Grade 2

Course Web Page: https://sites.google.com/a/lsnepal.com/es-grade-2/

Teacher: Linda Willis

A Look at Learning

Literacy Program

Reading

Read Aloud: We read fiction and non-fiction. We vary genre, author, format and style. Most importantly we read quality children’s literature that the children can connect with and use to practice comprehension strategies.

Shared Reading: We read songs, poems and student writing together. We do choral reading of a variety of texts that are simple and fun to read. Every morning starts with a Morning Message that is read by the whole class in a large group.

Guided Reading: The teacher works with small groups of readers with similar reading skills to teach and reinforce important teaching points before, during and after the reading of a book.

Independent Reading: Children read on their own or with a partner at their appropriate reading level. This is done daily in class and is the single most important thing that you can do to support your child’s literacy development.

WRITING

Modeled Writing: The teacher shows his or her own writing using a think-aloud process to help students develop their own writing skills.
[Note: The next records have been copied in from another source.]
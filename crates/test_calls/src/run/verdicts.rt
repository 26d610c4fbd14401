// The verdicts on texts, by runs that keep their token starts and by runs of outcomes alone.
ghost use Rattle.std.specs.Prelude.{◌≤◌};

use crate::run::joins::{by_halves, cut_at, from_left, from_right};
use crate::run::readers::add_fed;
use jx_lex::Depth;
use jx_run::{OutcomeRun, Summary, TextRun, Verdict};
use std::alloc::{AllocError, Global};
use test_words::{Line, Out, Ways, push_verdict};

/// A summary that gives the verdict on its bytes.
trait Judge: Summary {
    /// The verdict on its bytes.
    fn judge(&self) -> Verdict;
}

impl Judge for TextRun {
    fn judge(&self) -> Verdict {
        self.verdict()
    }
}

impl Judge for OutcomeRun {
    fn judge(&self) -> Verdict {
        self.verdict()
    }
}

/// Up to so many bytes a text is joined from runs of single bytes, one after another. Each join copies what is open on the
/// left, so a longer text is joined by halves, and from both sides of a few cuts.
const SHORT: usize = 100;

/// The verdict of a run, in words.
fn told_of<J: Judge>(alloc: Global, run: Result<J, AllocError>) -> Result<Out, AllocError> {
    let run = run?;
    let mut told = Out::new(alloc);
    push_verdict(&mut told, run.judge());
    Ok(told)
}

/// The verdict of one run, and of runs of single bytes that are joined.
fn judge_joins<J: Judge>(ways: &mut Ways, alloc: Global, text: &[u8], depth: Depth) {
    let whole = J::of(alloc, text, 0, text.len(), depth);
    ways.add_made("as one run", told_of::<J>(alloc, whole));
    let halves = by_halves::<J>(alloc, text, 0, text.len(), depth);
    ways.add_made("by halves", told_of::<J>(alloc, halves));
    if text.len() <= SHORT {
        let left = from_left::<J>(alloc, text, depth);
        ways.add_made("from the left", told_of::<J>(alloc, left));
        let right = from_right::<J>(alloc, text, depth);
        ways.add_made("from the right", told_of::<J>(alloc, right));
    } else {
        judge_cuts::<J>(ways, alloc, text, depth, 97);
    }
}

/// The verdict of the runs on both sides of each cut that is a multiple of this number, joined.
fn judge_cuts<J: Judge>(ways: &mut Ways, alloc: Global, text: &[u8], depth: Depth, apart: usize)
    requires { 1 ≤ apart }
{
    for cut in 0..=text.len() {
        if cut % apart == 0 {
            let run = cut_at::<J>(alloc, text, cut, depth);
            ways.add_made(format_args!("cut at {cut}"), told_of::<J>(alloc, run));
        }
    }
}

/// `verdict DEPTH TEXT`: by runs, joined from the left, from the right and by halves, and by a reader of small slices.
pub(crate) fn verdict(line: &mut Line<'_>) {
    let depth = line.depth();
    let text = line.text();
    let alloc = line.alloc;
    let mut ways = Ways::new(alloc);
    judge_joins::<TextRun>(&mut ways, alloc, &text, depth);
    judge_joins::<OutcomeRun>(&mut ways, alloc, &text, depth);
    add_fed(&mut ways, alloc, &text, depth);
    ways.push_to(&mut line.out);
}

/// `cuts DEPTH TEXT`: by runs that are joined at each cut, and by a reader.
pub(crate) fn cuts(line: &mut Line<'_>) {
    let depth = line.depth();
    let text = line.text();
    let alloc = line.alloc;
    let mut ways = Ways::new(alloc);
    add_fed(&mut ways, alloc, &text, depth);
    judge_cuts::<OutcomeRun>(&mut ways, alloc, &text, depth, 1);
    ways.push_to(&mut line.out);
}
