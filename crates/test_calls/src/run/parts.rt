// The elements of sequences, in runs that are joined.
use crate::run::joins::{cut_at, from_left};
use jx_lex::{Depth, Span};
use jx_run::{SeqRun, Shape, Summary, Verdict};
use std::alloc::{AllocError, Global};
use test_words::{Line, Out, Ways, push_span, push_verdict};

/// An element that has bytes: its span, and the verdict on it where a record separator is before it.
fn push_part(out: &mut Out, span: Span, verdict: Option<Verdict>) {
    if span.start >= span.end {
        return;
    }
    out.part("; ");
    push_span(out, span);
    out.push_str(" ");
    match verdict {
        Some(verdict) => push_verdict(out, verdict),
        None => out.push_str("unmarked"),
    }
}

/// The elements of a run.
fn push_shape(out: &mut Out, run: &SeqRun) {
    match run.shape() {
        Shape::Plain(run) => push_part(out, run.span(), None),
        Shape::Marked {
            before,
            done,
            after,
        } => {
            push_part(out, before.span(), None);
            for element in done {
                push_part(out, element.span(), Some(element.verdict()));
            }
            push_part(out, after.span(), Some(after.verdict()));
        }
    }
}

/// The elements of a run over so many bytes.
fn told_of(
    alloc: Global,
    run: Result<SeqRun, AllocError>,
    len: usize,
    depth: Depth,
) -> Result<Out, AllocError> {
    let run = run?;
    let mut told = Out::new(alloc);
    push_shape(&mut told, &run);
    if told.is_empty() {
        told.push_str("-");
    }
    let span = run.span();
    if span.start != 0 || span.end != len || run.depth() != depth {
        told.push_str(", elsewhere");
    }
    Ok(told)
}

/// Adds the elements of runs that are joined at each cut.
fn add_cuts(ways: &mut Ways, alloc: Global, text: &[u8], depth: Depth) {
    for cut in 0..=text.len() {
        let joined = cut_at::<SeqRun>(alloc, text, cut, depth);
        let told = told_of(alloc, joined, text.len(), depth);
        ways.add_made(format_args!("cut at {cut}"), told);
    }
}

/// `parts DEPTH TEXT`: the elements of a run, of runs that are joined at each cut, and of runs of single bytes.
pub(crate) fn parts(line: &mut Line<'_>) {
    let depth = line.depth();
    let text = line.text();
    let (alloc, len) = (line.alloc, text.len());
    let mut ways = Ways::new(alloc);
    let whole = SeqRun::of(alloc, &text, 0, len, depth);
    ways.add_made("as one run", told_of(alloc, whole, len, depth));
    let bytes = from_left::<SeqRun>(alloc, &text, depth);
    ways.add_made("byte by byte", told_of(alloc, bytes, len, depth));
    add_cuts(&mut ways, alloc, &text, depth);
    ways.push_to(&mut line.out);
}
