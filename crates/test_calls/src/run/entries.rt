// Where the entries of runs lead, and their exits.
ghost use Rattle.std.specs.Prelude.{◌<◌, ◌+◌, ◌^◌, length};

use crate::lex::track::{push_exit, push_track};
use crate::reduce::outcomes::push_outcome;
use crate::run::joins::from_left;
use jx_lex::{Depth, LexExit, LexState};
use jx_reduce::{Expect, Holder, Reduced};
use jx_run::{OutcomeRun, Started, Summary, TextRun};
use std::alloc::{AllocError, Global};
use test_words::{Line, Out, Ways, push_span, push_verdict};

/// An entry of a run, and the open containers that it is asked for.
#[derive(Drop)]
struct Asked {
    state: LexState,
    expect: Expect,
    holders: Vec<Holder>,
}

impl Asked {
    /// The exit, how many levels the entry has, and where it leads over the open containers, of which there are no more than its
    /// depth.
    fn told_of(&self, alloc: Global, exit: LexExit, entry: &Reduced) -> Result<Out, AllocError> {
        let mut told = Out::new(alloc);
        push_exit(&mut told, exit);
        told.put(format_args!("; levels {}; ", entry.level_count()));
        if self.holders.len() <= entry.depth().containers() as usize {
            push_outcome(&mut told, &entry.act(&self.holders)?);
        }
        Ok(told)
    }
}

/// The answer of a run that keeps its token starts.
fn by_marks(alloc: Global, text: &[u8], depth: Depth, asked: &Asked) -> Result<Out, AllocError> {
    let run = from_left::<TextRun>(alloc, text, depth)?;
    let entry = run.entry(asked.state, asked.expect).reduced()?;
    asked.told_of(alloc, run.exit(asked.state), &entry)
}

/// The answer of a run of outcomes.
fn by_outcomes(alloc: Global, text: &[u8], depth: Depth, asked: &Asked) -> Result<Out, AllocError> {
    let run = from_left::<OutcomeRun>(alloc, text, depth)?;
    let entry = run.entry(asked.state, asked.expect).reduced()?;
    asked.told_of(alloc, run.exit(asked.state), &entry)
}

/// `run DEPTH STATE EXPECT HOLDERS TEXT`: what runs of both kinds, of single bytes joined from the left, answer of one entry.
pub(crate) fn run(line: &mut Line<'_>) {
    let depth = line.depth();
    let asked = Asked {
        state: line.state(),
        expect: line.expect(),
        holders: line.holders(),
    };
    if asked.holders.len() > depth.containers() as usize {
        line.refuse();
    }
    let text = line.text();
    let alloc = line.alloc;
    let mut ways = Ways::new(alloc);
    ways.add_made("by marks", by_marks(alloc, &text, depth, &asked));
    ways.add_made("by outcomes", by_outcomes(alloc, &text, depth, &asked));
    ways.push_to(&mut line.out);
}

/// `started DEPTH TEXT`: the run of the text, started: verdict, span, depth, token starts and ends.
pub(crate) fn started(line: &mut Line<'_>) {
    let depth = line.depth();
    let text = line.text();
    let told = push_run(&mut line.out, line.alloc, &text, depth);
    line.settle(told);
}

fn push_run(out: &mut Out, alloc: Global, text: &[u8], depth: Depth) -> Result<(), AllocError> {
    let run = from_left::<TextRun>(alloc, text, depth)?;
    push_started(out, &run.started()?, run.exit(LexState::Gap));
    Ok(())
}

fn push_started(out: &mut Out, started: &Started, exit: LexExit) {
    push_verdict(out, started.verdict());
    out.push_str("; ");
    push_span(out, started.span());
    out.put(format_args!("; depth {}; ", started.depth().containers()));
    push_track(out, started.marks(), started.ends(), exit);
}

/// The run over a text, so many bytes further on.
fn moved_by(alloc: Global, text: &[u8], depth: Depth, by: usize) -> Result<OutcomeRun, AllocError>
    requires near { by + length text.now < 2 ^ 63 }
{
    let run = OutcomeRun::of(alloc, text, 0, text.len(), depth)?;
    Ok(run.shifted(by))
}

/// `moved BY DEPTH TEXT`: the run over a text where it stands so many bytes further on: span, exit from between tokens, verdict.
pub(crate) fn moved(line: &mut Line<'_>) {
    let by = line.number();
    let depth = line.depth();
    let text = line.text();
    if by >= 1 << 40 || text.len() >= 1 << 40 {
        return line.refuse();
    }
    let run = moved_by(line.alloc, &text, depth, by);
    if let Some(run) = line.keep(run) {
        push_span(&mut line.out, run.span());
        line.out.push_str("; ");
        push_exit(&mut line.out, run.exit(LexState::Gap));
        line.out.push_str("; ");
        push_verdict(&mut line.out, run.verdict());
    }
}
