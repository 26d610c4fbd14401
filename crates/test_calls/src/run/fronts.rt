// A byte order mark in front of a text.
use jx_run::{Front, OutcomeRun, Settings, Summary, Verdict, front};
use std::alloc::{AllocError, Global};
use test_words::{Line, Out, push_verdict};

/// `front DEPTH SETTINGS TEXT`: how many bytes stand in front of the text and the verdict on what follows them, or why
/// they are not valid JSON.
pub(crate) fn fronted(line: &mut Line<'_>) {
    let depth = line.depth();
    let settings = line.settings(depth);
    let text = line.text();
    let told = push_front(&mut line.out, line.alloc, &settings, &text);
    line.settle(told);
}

fn push_front(
    out: &mut Out,
    alloc: Global,
    settings: &Settings,
    text: &[u8],
) -> Result<(), AllocError> {
    match front(text, settings.mark) {
        Front::Skip(count) => {
            let run = OutcomeRun::of(alloc, text, count, text.len(), settings.depth)?;
            out.put(format_args!("from {count}: "));
            push_verdict(out, run.verdict());
        }
        Front::Refused(refusal) => {
            out.push_str("refused: ");
            push_verdict(out, Verdict::Refused(refusal));
        }
    }
    Ok(())
}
Shared Writing: The teacher and students compose messages, stories, charts, poems, letters, etc. together.

Guided Writing: The teacher helps students write a variety of texts. The teacher guides the process and uses writing conferences to do this.

Independent Writing: Children write their own stories, letters, literature responses and poetry. Word Study:Children develop knowledge of words and the patterns in those words through the use of lessons, charts and word walls.

Six Traits Writing Curriculum

Second Grade students are taught to incorporate the Six Traits of Writing in the writing process. That writing methodology is based on the premise that students become better writers and revisers when the Six Traits are used. The traits include: Ideas, Organization, Voice, Word Choice, Sentence Fluency, and Conventions.

Personal Writing: Stories, friendly notes and letters, and journal writing.
Subject Writing: Writing About Books (book reviews), math problems, writing in the content areas (Math, Social Studies and Science) and making posters.
Non-Fiction Writing: All-about books.
Story Writing: Personal Narrative and “Small Moment” stories.
Poetry Writing: Writing short poems, shape poems, acrostic and rhyming poems.

Lucy Calkins Units of Study

We have adopted the writing program developed by Lucy Calkins, founder of the Teacher’s College Reading and Writing Project. The units teach a variety of skills and strategies that are necessary to become a proficient writer as well as teach a variety of genre.

Reading At Home:

We encourage parents to read to their children every day. Research shows that when parents regularly read to their children, they read earlier and become more proficient readers. We also ask that as part of a reading program, you listen to your child read for some minutes each day and discuss the story with him or her. I would recommend that you read with your child for at least twenty minutes every day.

MATH

Everyday Mathematics – Everyday Mathematics emphasizes the application of mathematics to real world situations. In addition, it provides opportunities for basic skills practice and review. The students are encouraged to explain and discuss their thinking. The Everyday Math program is being re-implemented as the core resource so that it is aligned with the AERO (American Education Reaches Out) standards and NCTM (National Council of Teachers of Mathematics) focal points.

Science

The themes that we will cover in science this year are: Silkworms (life cycles and other insects’ life cycles), Balance and Motion, as well as Pebbles, Sand and Silt.

Social Studies

We follow the Social Studies Alive! Program which focuses on communities, geography, and economics. In addition to our social studies curriculum, we have adopted the Responsive Classroom program to establish school and classroom routines as well as build community in the classroom. Some of the components that you may hear your child talk about are: morning meeting, closing circle and hopes and dreams.

Handwriting

In second grade the students learn D’Nealian handwriting and we’ll introduce the students to cursive when they are able to print neatly and confidently.

Specialists

Our students get additional instruction in art, music, physical education, technology, library, and Nepal Studies. Lincoln School provides support from the ESOL and resource department as needed.